Sen. Travis Holdman, R-Markle, authored Senate Bill 371 and said he thinks the state has a right, and an obligation, to protect the safety of women and give a voice to those who don’t have one.

“We are not practicing medicine,” he insisted.

Under current law, abortion clinics that offer surgical abortions must meet certain physical standards, such as hallway width, water fountain requirements and more. Holdman’s bill would apply those physical requirements to facilities that give out chemical abortion drugs.

The only Planned Parenthood of Indiana facility that offers medical abortions but not surgical is in Lafayette, which might have to make structural changes or find a new building.

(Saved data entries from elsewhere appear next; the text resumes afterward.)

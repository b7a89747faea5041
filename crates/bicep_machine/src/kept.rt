// What is kept of a part that was read: the part, and how deep it nests.

ghost use Rattle.std.specs.Prelude.{◌≡◌, None, [], ◌∷◌, ◌++◌, max, IfOk};

use crate::discard::Discard;
use arm_value::OutOfMemory;
use foundation::limits::MAX_EXPRESSION_NESTING;
use std::alloc::Global;
use std::marker::Model;

/// How deep expressions may nest, as a depth of `Kept`.
pub const MAX_PART_NESTING: usize = MAX_EXPRESSION_NESTING as usize;

/// A part of a file, and how deep it nests. A leaf replaces a part that nests above `MAX_PART_NESTING`, and its
/// depth is one more than that; so no tree is kept that nests deeper.
#[derive(Drop)]
pub struct Kept<T> {
    /// The part, or a leaf.
    pub part: T,
    /// How deep the part nests; a leaf nests 0.
    pub depth: usize,
}

// A function that hands a `Kept` on then sees no part of it, and derives nothing of its tree.
impl<T> Model for Kept<T> {
    ghost use Rattle.bicep_machine.specs.Held.{Held};

    ghost Value = { Held T };

    ghost view = { λ k. record { part = k.part; depth = k.depth } };
}

/// The greater depth.
pub fn deeper(one: usize, other: usize) -> usize
    ensures { result ≡ max one other }
{
    if one < other { other } else { one }
}

/// A part of no depth.
pub fn flat<T>(part: T) -> Kept<T>
    ensures part { result.part ≡ part }
    ensures depth { result.depth ≡ 0 }
{
    Kept { part, depth: 0 }
}

/// A list with nothing in it.
pub fn empty<T>(alloc: Global) -> Kept<Vec<T>>
    ensures items { result.part.items ≡ [] }
    ensures depth { result.depth ≡ 0 }
{
    flat(Vec::new(alloc))
}

// The list with one more at its end.
pub(crate) fn put<T: Drop>(list: Kept<Vec<T>>, item: Kept<T>) -> Result<Kept<Vec<T>>, OutOfMemory>
    ensures items { IfOk result (λ k. k.part.items ≡ list.part.items ++ item.part ∷ []) }
    ensures depth { IfOk result (λ k. k.depth ≡ max list.depth item.depth) }
{
    let depth = deeper(list.depth, item.depth);
    let mut part = list.part;
    part.push(item.part)?;
    Ok(Kept { part, depth })
}

// `None`; drops the part.
pub(crate) fn nothing<T: Discard, R>(part: T) -> Option<R>
    ensures { result ≡ None }
{
    part.discard();
    None
}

The legislation also goes further to affect all clinics in Indiana giving out the drugs – but not doctor’s offices or hospitals.

For instance, it requires a physician to examine the woman including giving an ultrasound before dispensing the first pill. Women then take the next pill at home, and the legislation requires the clinic to schedule a follow-up visit within 14 days. During that follow-up, another ultrasound has to be performed to ensure the abortion was complete.

Sue Swayze, of Indiana Right to Life, said surgical abortions are safer and cheaper than medical ones.

“Today this chemical abortion is flying under the radar in our state,” she said. “Greater care needs to be taken to oversee and regulate this.”

Another woman read a letter from a former Indiana resident named Lesley, who experienced severe cramping and emotional distress using the abortion drug. She told of blood that clogged the drain in her shower that she later realized was the remnants of her baby.

“It was even more horrifying than it sounds,” the letter said. “The emotional pain made it unbearable. It is a horrible drug.”

Several doctors testified or sent written letters objecting to the legislature interfering in medical decisions.

Dr. Tucker Edmonds, an Indianapolis physician, said there is no medical rationale that follow-up care be provided by the same doctor who initially gave the pill. And Edmonds said if there has not been additional bleeding or complaints, having an ultrasound is unnecessary and expensive when a simple blood test could determine if pregnancy hormones are gone.

Catherine O’Conner of Planned Parenthood of Indiana said the bill actually puts women at risk by possibly closing access to affordable abortions.

“Limiting access doesn’t mean women won’t have them. It means women will find alternative ways to have them,” such as buying the drugs online and without proper education.

Sen. Greg Taylor, D-Indianapolis, said the bill amazes him because he has fought for years to require church child-care centers to follow the same rules as other child-care facilities. Republicans have fought the bill because it would require structural changes for some entities.

“It disturbs me to the core,” he said. “We have a job here and it is to protect every child – born and unborn.”

The legislation now moves to the full Senate along with Senate Bill 489, which also passed the committee. It widens the information abortion clinics are required to give those seeking abortions.